§ REQUIRED ACTION
Would you retype the listing below exactly as given?

§ TASK MATERIAL
◆ ◆ ◆ ◆ ◆ ◆ ◆

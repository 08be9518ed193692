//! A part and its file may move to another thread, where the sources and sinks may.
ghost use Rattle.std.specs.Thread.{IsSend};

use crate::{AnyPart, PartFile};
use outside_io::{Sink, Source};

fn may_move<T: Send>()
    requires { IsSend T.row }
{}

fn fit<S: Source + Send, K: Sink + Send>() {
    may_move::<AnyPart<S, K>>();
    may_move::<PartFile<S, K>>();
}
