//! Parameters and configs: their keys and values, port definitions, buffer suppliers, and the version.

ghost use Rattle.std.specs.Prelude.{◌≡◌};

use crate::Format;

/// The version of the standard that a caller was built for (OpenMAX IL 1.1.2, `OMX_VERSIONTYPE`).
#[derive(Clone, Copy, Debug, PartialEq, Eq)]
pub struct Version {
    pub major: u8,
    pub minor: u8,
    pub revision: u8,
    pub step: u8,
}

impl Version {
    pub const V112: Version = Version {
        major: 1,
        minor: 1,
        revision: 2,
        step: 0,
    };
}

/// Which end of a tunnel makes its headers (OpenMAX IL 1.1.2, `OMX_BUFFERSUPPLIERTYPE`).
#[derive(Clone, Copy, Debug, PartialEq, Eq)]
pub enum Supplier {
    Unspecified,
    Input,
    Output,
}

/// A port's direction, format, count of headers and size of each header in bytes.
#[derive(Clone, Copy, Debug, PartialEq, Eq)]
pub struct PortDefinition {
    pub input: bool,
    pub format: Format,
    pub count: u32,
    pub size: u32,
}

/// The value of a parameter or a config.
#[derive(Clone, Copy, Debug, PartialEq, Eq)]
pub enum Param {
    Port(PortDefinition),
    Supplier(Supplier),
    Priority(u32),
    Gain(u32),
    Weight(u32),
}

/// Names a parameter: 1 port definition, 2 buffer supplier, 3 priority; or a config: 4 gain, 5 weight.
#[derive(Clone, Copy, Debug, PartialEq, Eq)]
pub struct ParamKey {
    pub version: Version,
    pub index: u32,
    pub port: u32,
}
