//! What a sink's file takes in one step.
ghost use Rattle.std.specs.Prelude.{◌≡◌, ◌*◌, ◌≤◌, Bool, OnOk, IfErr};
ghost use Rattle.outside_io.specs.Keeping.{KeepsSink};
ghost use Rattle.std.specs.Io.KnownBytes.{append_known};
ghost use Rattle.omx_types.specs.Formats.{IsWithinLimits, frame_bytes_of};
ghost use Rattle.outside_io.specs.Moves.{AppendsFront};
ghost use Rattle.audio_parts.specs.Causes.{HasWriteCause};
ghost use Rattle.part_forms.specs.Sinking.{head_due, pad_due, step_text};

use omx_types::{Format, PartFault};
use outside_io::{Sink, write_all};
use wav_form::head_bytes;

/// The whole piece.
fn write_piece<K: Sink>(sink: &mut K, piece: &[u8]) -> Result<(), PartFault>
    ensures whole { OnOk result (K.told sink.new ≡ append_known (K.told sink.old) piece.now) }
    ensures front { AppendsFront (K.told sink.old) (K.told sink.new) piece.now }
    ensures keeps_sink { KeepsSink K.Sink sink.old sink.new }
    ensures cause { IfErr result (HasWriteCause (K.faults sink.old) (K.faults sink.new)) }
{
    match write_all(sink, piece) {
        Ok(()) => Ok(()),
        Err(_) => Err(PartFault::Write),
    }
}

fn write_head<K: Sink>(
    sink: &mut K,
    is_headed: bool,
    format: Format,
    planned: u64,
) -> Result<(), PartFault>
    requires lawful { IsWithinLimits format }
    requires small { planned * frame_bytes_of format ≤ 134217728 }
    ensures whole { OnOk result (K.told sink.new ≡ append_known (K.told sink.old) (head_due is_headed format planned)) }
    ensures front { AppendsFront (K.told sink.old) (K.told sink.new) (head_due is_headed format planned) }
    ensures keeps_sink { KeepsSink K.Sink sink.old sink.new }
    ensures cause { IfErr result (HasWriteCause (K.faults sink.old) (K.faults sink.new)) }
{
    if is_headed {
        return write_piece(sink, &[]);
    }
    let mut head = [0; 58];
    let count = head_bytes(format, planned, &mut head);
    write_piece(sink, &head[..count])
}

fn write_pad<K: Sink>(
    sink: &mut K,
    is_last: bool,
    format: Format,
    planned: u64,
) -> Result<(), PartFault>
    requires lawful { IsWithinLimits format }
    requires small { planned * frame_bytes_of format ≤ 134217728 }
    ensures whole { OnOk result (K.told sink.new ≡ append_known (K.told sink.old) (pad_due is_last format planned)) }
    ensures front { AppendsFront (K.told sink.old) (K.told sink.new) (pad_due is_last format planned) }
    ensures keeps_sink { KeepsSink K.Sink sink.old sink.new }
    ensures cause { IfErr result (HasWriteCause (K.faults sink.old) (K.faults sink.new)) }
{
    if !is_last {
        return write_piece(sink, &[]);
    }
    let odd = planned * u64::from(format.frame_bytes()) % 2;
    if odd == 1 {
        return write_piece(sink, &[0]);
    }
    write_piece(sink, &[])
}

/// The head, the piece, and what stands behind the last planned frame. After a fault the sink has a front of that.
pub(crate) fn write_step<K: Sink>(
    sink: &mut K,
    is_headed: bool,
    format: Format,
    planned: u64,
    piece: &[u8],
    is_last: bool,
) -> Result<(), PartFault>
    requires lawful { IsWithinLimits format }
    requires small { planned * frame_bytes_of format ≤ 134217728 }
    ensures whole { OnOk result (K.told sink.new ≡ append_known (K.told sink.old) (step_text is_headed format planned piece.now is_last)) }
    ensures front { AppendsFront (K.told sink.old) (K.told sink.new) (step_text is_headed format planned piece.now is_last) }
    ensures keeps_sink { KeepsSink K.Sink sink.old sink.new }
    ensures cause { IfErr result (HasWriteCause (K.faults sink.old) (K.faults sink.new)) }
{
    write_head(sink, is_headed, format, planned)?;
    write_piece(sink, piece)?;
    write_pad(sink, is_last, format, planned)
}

◆ ◆ ◆ ◆ ◆ ◆ ◆

§ TASK SOLUTION
repository 08be9518ed193692
//! A part and its file may move to another thread, where the sources and sinks may.
ghost use Rattle.std.specs.Thread.{IsSend};

use crate::{AnyPart, PartFile};
use outside_io::{Sink, Source};

fn may_move<T: Send>()
    requires { IsSend T.row }
{}

fn fit<S: Source + Send, K: Sink + Send>() {
    may_move::<AnyPart<S, K>>();
    may_move::<PartFile<S, K>>();
}
//! Parameters and configs: their keys and values, port definitions, buffer suppliers, and the version.

ghost use Rattle.std.specs.Prelude.{◌≡◌};

use crate::Format;

/// The version of the standard that a caller was built for (OpenMAX IL 1.1.2, `OMX_VERSIONTYPE`).
#[derive(Clone, Copy, Debug, PartialEq, Eq)]
pub struct Version {
    pub major: u8,
    pub minor: u8,
    pub revision: u8,
    pub step: u8,
}

impl Version {
    pub const V112: Version = Version {
        major: 1,
        minor: 1,
        revision: 2,
        step: 0,
    };
}

/// Which end of a tunnel makes its headers (OpenMAX IL 1.1.2, `OMX_BUFFERSUPPLIERTYPE`).
#[derive(Clone, Copy, Debug, PartialEq, Eq)]
pub enum Supplier {
    Unspecified,
    Input,
    Output,
}

/// A port's direction, format, count of headers and size of each header in bytes.
#[derive(Clone, Copy, Debug, PartialEq, Eq)]
pub struct PortDefinition {
    pub input: bool,
    pub format: Format,
    pub count: u32,
    pub size: u32,
}

/// The value of a parameter or a config.
#[derive(Clone, Copy, Debug, PartialEq, Eq)]
pub enum Param {
    Port(PortDefinition),
    Supplier(Supplier),
    Priority(u32),
    Gain(u32),
    Weight(u32),
}

/// Names a parameter: 1 port definition, 2 buffer supplier, 3 priority; or a config: 4 gain, 5 weight.
#[derive(Clone, Copy, Debug, PartialEq, Eq)]
pub struct ParamKey {
    pub version: Version,
    pub index: u32,
    pub port: u32,
}
//! What a sink's file takes in one step.
ghost use Rattle.std.specs.Prelude.{◌≡◌, ◌*◌, ◌≤◌, Bool, OnOk, IfErr};
ghost use Rattle.outside_io.specs.Keeping.{KeepsSink};
ghost use Rattle.std.specs.Io.KnownBytes.{append_known};
ghost use Rattle.omx_types.specs.Formats.{IsWithinLimits, frame_bytes_of};
ghost use Rattle.outside_io.specs.Moves.{AppendsFront};
ghost use Rattle.audio_parts.specs.Causes.{HasWriteCause};
ghost use Rattle.part_forms.specs.Sinking.{head_due, pad_due, step_text};

use omx_types::{Format, PartFault};
use outside_io::{Sink, write_all};
use wav_form::head_bytes;

/// The whole piece.
fn write_piece<K: Sink>(sink: &mut K, piece: &[u8]) -> Result<(), PartFault>
    ensures whole { OnOk result (K.told sink.new ≡ append_known (K.told sink.old) piece.now) }
    ensures front { AppendsFront (K.told sink.old) (K.told sink.new) piece.now }
    ensures keeps_sink { KeepsSink K.Sink sink.old sink.new }
    ensures cause { IfErr result (HasWriteCause (K.faults sink.old) (K.faults sink.new)) }
{
    match write_all(sink, piece) {
        Ok(()) => Ok(()),
        Err(_) => Err(PartFault::Write),
    }
}

fn write_head<K: Sink>(
    sink: &mut K,
    is_headed: bool,
    format: Format,
    planned: u64,
) -> Result<(), PartFault>
    requires lawful { IsWithinLimits format }
    requires small { planned * frame_bytes_of format ≤ 134217728 }
    ensures whole { OnOk result (K.told sink.new ≡ append_known (K.told sink.old) (head_due is_headed format planned)) }
    ensures front { AppendsFront (K.told sink.old) (K.told sink.new) (head_due is_headed format planned) }
    ensures keeps_sink { KeepsSink K.Sink sink.old sink.new }
    ensures cause { IfErr result (HasWriteCause (K.faults sink.old) (K.faults sink.new)) }
{
    if is_headed {
        return write_piece(sink, &[]);
    }
    let mut head = [0; 58];
    let count = head_bytes(format, planned, &mut head);
    write_piece(sink, &head[..count])
}

fn write_pad<K: Sink>(
    sink: &mut K,
    is_last: bool,
    format: Format,
    planned: u64,
) -> Result<(), PartFault>
    requires lawful { IsWithinLimits format }
    requires small { planned * frame_bytes_of format ≤ 134217728 }
    ensures whole { OnOk result (K.told sink.new ≡ append_known (K.told sink.old) (pad_due is_last format planned)) }
    ensures front { AppendsFront (K.told sink.old) (K.told sink.new) (pad_due is_last format planned) }
    ensures keeps_sink { KeepsSink K.Sink sink.old sink.new }
    ensures cause { IfErr result (HasWriteCause (K.faults sink.old) (K.faults sink.new)) }
{
    if !is_last {
        return write_piece(sink, &[]);
    }
    let odd = planned * u64::from(format.frame_bytes()) % 2;
    if odd == 1 {
        return write_piece(sink, &[0]);
    }
    write_piece(sink, &[])
}

/// The head, the piece, and what stands behind the last planned frame. After a fault the sink has a front of that.
pub(crate) fn write_step<K: Sink>(
    sink: &mut K,
    is_headed: bool,
    format: Format,
    planned: u64,
    piece: &[u8],
    is_last: bool,
) -> Result<(), PartFault>
    requires lawful { IsWithinLimits format }
    requires small { planned * frame_bytes_of format ≤ 134217728 }
    ensures whole { OnOk result (K.told sink.new ≡ append_known (K.told sink.old) (step_text is_headed format planned piece.now is_last)) }
    ensures front { AppendsFront (K.told sink.old) (K.told sink.new) (step_text is_headed format planned piece.now is_last) }
    ensures keeps_sink { KeepsSink K.Sink sink.old sink.new }
    ensures cause { IfErr result (HasWriteCause (K.faults sink.old) (K.faults sink.new)) }
{
    write_head(sink, is_headed, format, planned)?;
    write_piece(sink, piece)?;
    write_pad(sink, is_last, format, planned)
}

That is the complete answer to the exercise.